Statistics and Machine Learning Toolbox provides functionality for these clustering methods:

Hierarchical clustering groups data over a variety of scales by creating a
cluster tree, or *dendrogram*. The tree is not a single set
of clusters, but rather a multilevel hierarchy, where clusters at one level
combine to form clusters at the next level. This multilevel hierarchy allows you
to choose the level, or scale, of clustering that is most appropriate for your
application. Hierarchical clustering assigns every point in your data to a
cluster.

Use `clusterdata`

to perform
hierarchical clustering on input data. `clusterdata`

incorporates the `pdist`

, `linkage`

, and `cluster`

functions, which you
can use separately for more detailed analysis. The `dendrogram`

function plots the
cluster tree. For more information, see Introduction to Hierarchical Clustering.

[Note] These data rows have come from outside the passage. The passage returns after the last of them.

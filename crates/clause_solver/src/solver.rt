use crate::decisions::Decisions;
use crate::trail::{Reason, Trail};
use crate::watching::{Watch, Watched, Watches};
use clauses::{Literal, Step};
use std::alloc::{AllocError, Global};

/// Whether a solver notes how it comes by what it learns.
#[derive(Clone, Copy, Debug, PartialEq, Eq)]
pub enum Notes {
    /// In steps behind the formula, which has so many clauses.
    Behind(usize),
    None,
}

/// Clauses, what is known of their variables, and what was learned.
#[derive(Drop)]
pub struct Solver {
    pub(crate) alloc: Global,
    pub(crate) clauses: Vec<Watched>,
    pub(crate) watches: Watches,
    pub(crate) trail: Trail,
    pub(crate) decisions: Decisions,
    pub(crate) notes: Notes,
    /// How many clauses of the formula were added.
    pub(crate) added: usize,
    pub(crate) steps: Vec<Step>,
    /// The number of the clause of one literal that shows what is known of a variable at level 0.
    pub(crate) units: Vec<Option<usize>>,
    /// The variables that an analysis has met.
    pub(crate) seen: Vec<bool>,
    pub(crate) is_refuted: bool,
    /// The number of the clause that shows what was refuted last.
    pub(crate) shown_by: usize,
    /// How many conflicts there were.
    pub(crate) conflicts: u64,
}

/// What becomes of a watch that is visited.
enum Visit {
    Kept(Literal),
    Moved,
    Conflict,
}

impl Solver {
    /// No variables, and no clauses.
    pub fn new(alloc: Global, notes: Notes) -> Solver {
        Solver {
            alloc,
            clauses: Vec::new(alloc),
            watches: Watches::new(alloc),
            trail: Trail::new(alloc),
            decisions: Decisions::new(alloc),
            notes,
            added: 0,
            steps: Vec::new(alloc),
            units: Vec::new(alloc),
            seen: Vec::new(alloc),
            is_refuted: false,
            shown_by: 0,
            conflicts: 0,
        }
    }

    /// How many variables there are.
    pub fn variables(&self) -> usize {
        self.seen.len()
    }

    /// One more variable: its number.
    pub fn add_variable(&mut self) -> Result<usize, AllocError> {
        let variable = self.seen.len();
        self.trail.add_variable()?;
        self.decisions.add_variable()?;
        self.watches.add_variable(self.alloc)?;
        self.units.push(None)?;
        self.seen.push(false)?;
        Ok(variable)
    }

    /// The value that a literal has.
    pub fn value(&self, literal: Literal) -> Option<bool> {
        self.trail.value(literal)
    }

    /// The steps that were noted, which are taken out.
    pub fn into_steps(self) -> Vec<Step> {
        self.steps
    }

    /// Notes a clause that follows from what was refuted last, as it has each literal of the clause that shows that: its place
    /// among the steps.
    pub fn note_last(&mut self, clause: Vec<Literal>) -> Result<usize, AllocError> {
        let place = self.steps.len();
        let hints = vec![in self.alloc; self.shown_by]?;
        self.steps.push(Step { clause, hints })?;
        Ok(place)
    }

    /// Whether it notes steps.
    pub(crate) fn keeps_notes(&self) -> bool {
        matches!(self.notes, Notes::Behind(_))
    }

    /// The number of the next step.
    pub(crate) fn next_number(&self) -> usize {
        match self.notes {
            Notes::Behind(formula) => formula.saturating_add(self.steps.len()),
            Notes::None => 0,
        }
    }

    /// Forgets all decisions.
    pub fn restart(&mut self) -> Result<(), AllocError> {
        self.go_back(0)
    }

    /// Adds a clause of the formula. All decisions are forgotten.
    pub fn add_clause(&mut self, literals: &[Literal]) -> Result<(), AllocError> {
        self.restart()?;
        let number = self.added;
        self.added = self.added.saturating_add(1);
        let mut clause = Vec::new(self.alloc);
        for literal in literals {
            if self.trail.value(*literal) == Some(true) {
                return Ok(());
            }
            if clause.contains(literal) {
                continue;
            }
            if clause.contains(&opposite(*literal)) {
                return Ok(());
            }
            clause.push(*literal)?;
        }
        self.attach(clause, number)
    }

    /// Attaches a clause at level 0.
    pub(crate) fn attach(
        &mut self,
        mut clause: Vec<Literal>,
        number: usize,
    ) -> Result<(), AllocError> {
        self.put_open_first(&mut clause);
        let place = self.clauses.len();
        let first = clause.first().copied();
        let second = clause.get(1).copied();
        self.clauses.push(Watched {
            literals: clause,
            number,
        })?;
        let Some(first) = first else {
            return self.refute(place);
        };
        let Some(second) = second else {
            return self.attach_unit(place, first);
        };
        self.watches.put(
            first,
            Watch {
                clause: place,
                other: second,
            },
        )?;
        self.watches.put(
            second,
            Watch {
                clause: place,
                other: first,
            },
        )?;
        match (self.trail.value(first), self.trail.value(second)) {
            (Some(false), _) => self.refute(place),
            (None, Some(false)) => self.assign(first, Reason::Clause(place)),
            _ => Ok(()),
        }
    }

    /// Attaches a clause of one literal at level 0.
    fn attach_unit(&mut self, place: usize, literal: Literal) -> Result<(), AllocError> {
        match self.trail.value(literal) {
            Some(true) => Ok(()),
            Some(false) => self.refute(place),
            None => self.assign(literal, Reason::Clause(place)),
        }
    }

    /// Puts literals that aren't FALSE into the first two places.
    fn put_open_first(&self, clause: &mut Vec<Literal>) {
        let mut open = 0usize;
        for place in 0..clause.len() {
            if open >= 2 {
                return;
            }
            let Some(literal) = clause.get(place).copied() else {
                return;
            };
            if self.trail.value(literal) != Some(false) && open < clause.len() {
                clause.swap(open, place);
                open += 1;
            }
        }
    }

    /// A literal becomes TRUE. At level 0 the clause that shows it is noted.
    pub(crate) fn assign(&mut self, literal: Literal, reason: Reason) -> Result<(), AllocError> {
        self.trail.assign(literal, reason)?;
        match reason {
            Reason::Clause(clause) if self.trail.level() == 0 => self.note_unit(literal, clause),
            _ => Ok(()),
        }
    }

    /// Forgets what came to be known at levels above this one.
    pub(crate) fn go_back(&mut self, level: usize) -> Result<(), AllocError> {
        for _ in 0..u64::MAX {
            let Some(literal) = self.trail.undo(level) else {
                break;
            };
            self.decisions.free(literal.variable, !literal.is_negated)?;
        }
        Ok(())
    }

    /// Visits the watches of all that became FALSE. The place of a clause of which each literal is FALSE, if there is one.
    pub(crate) fn propagate(&mut self) -> Result<Option<usize>, AllocError> {
        for _ in 0..u64::MAX {
            let Some(literal) = self.trail.take_next() else {
                break;
            };
            let conflict = self.visit_all(opposite(literal))?;
            if conflict.is_some() {
                return Ok(conflict);
            }
        }
        Ok(None)
    }

    /// Visits the watches of a literal that became FALSE.
    fn visit_all(&mut self, falsified: Literal) -> Result<Option<usize>, AllocError> {
        let mut watches = self.watches.take(self.alloc, falsified);
        let mut kept = 0usize;
        let mut conflict = None;
        for place in 0..watches.len() {
            let Some(watch) = watches.get(place).copied() else {
                break;
            };
            let other = match conflict {
                Some(_) => Some(watch.other),
                None => match self.visit(watch, falsified)? {
                    Visit::Kept(other) => Some(other),
                    Visit::Moved => None,
                    Visit::Conflict => {
                        conflict = Some(watch.clause);
                        Some(watch.other)
                    }
                },
            };
            if let Some(other) = other {
                if let Some(slot) = watches.get_mut(kept) {
                    *slot = Watch {
                        clause: watch.clause,
                        other,
                    };
                }
                kept = kept.saturating_add(1);
            }
        }
        watches.truncate(kept);
        self.watches.put_back(falsified, watches);
        Ok(conflict)
    }

    /// Visits a clause of which a watched literal became FALSE.
    fn visit(&mut self, watch: Watch, falsified: Literal) -> Result<Visit, AllocError> {
        if self.trail.value(watch.other) == Some(true) {
            return Ok(Visit::Kept(watch.other));
        }
        let Some(first) = self.first_other(watch.clause, falsified) else {
            return Ok(Visit::Moved);
        };
        if self.trail.value(first) == Some(true) {
            return Ok(Visit::Kept(first));
        }
        if let Some(literal) = self.rewatch(watch.clause) {
            let moved = Watch {
                clause: watch.clause,
                other: first,
            };
            self.watches.put(literal, moved)?;
            return Ok(Visit::Moved);
        }
        if self.trail.value(first) == Some(false) {
            return Ok(Visit::Conflict);
        }
        self.assign(first, Reason::Clause(watch.clause))?;
        Ok(Visit::Kept(first))
    }

    /// Puts the watched literal that became FALSE into the second place of its clause; the one in the first place.
    fn first_other(&mut self, clause: usize, falsified: Literal) -> Option<Literal> {
        let watched = self.clauses.get_mut(clause)?;
        if watched.literals.len() < 2 {
            return None;
        }
        if watched.literals.first().copied()? == falsified {
            watched.literals.swap(0, 1);
        }
        watched.literals.first().copied()
    }

    /// Puts another literal that isn't FALSE into the second place of a clause, if there is one.
    fn rewatch(&mut self, clause: usize) -> Option<Literal> {
        let watched = self.clauses.get_mut(clause)?;
        for place in 2..watched.literals.len() {
            let literal = watched.literals.get(place).copied()?;
            if self.trail.value(literal) != Some(false) {
                if place < watched.literals.len() {
                    watched.literals.swap(1, place);
                }
                return Some(literal);
            }
        }
        None
    }
}

/// The literal that is TRUE where this one isn't.
pub(crate) fn opposite(literal: Literal) -> Literal {
    Literal {
        variable: literal.variable,
        is_negated: !literal.is_negated,
    }
}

*k*-means clustering and *k*-medoids
clustering partition data into *k* mutually exclusive clusters.
These clustering methods require that you specify the number of clusters
*k*. Both *k*-means and
*k*-medoids clustering assign every point in your data to a
cluster; however, unlike hierarchical clustering, these methods operate on
actual observations (rather than dissimilarity measures), and create a single
level of clusters. Therefore, *k*-means or
*k*-medoids clustering is often more suitable than hierarchical
clustering for large amounts of data.

Use `kmeans`

and `kmedoids`

to implement
*k*-means clustering and *k*-medoids
clustering, respectively. For more information, see Introduction to *k*-Means Clustering and *k*-Medoids Clustering.

DBSCAN is a density-based algorithm that identifies arbitrarily shaped
clusters and outliers (noise) in data. During clustering, DBSCAN identifies
points that do not belong to any cluster, which makes this method useful for
density-based outlier detection. Unlike *k*-means and
*k*-medoids clustering, DBSCAN does not require prior
knowledge of the number of clusters.

Use `dbscan`

to perform clustering on an input data matrix or on
pairwise distances between observations. For more information, see Introduction to DBSCAN.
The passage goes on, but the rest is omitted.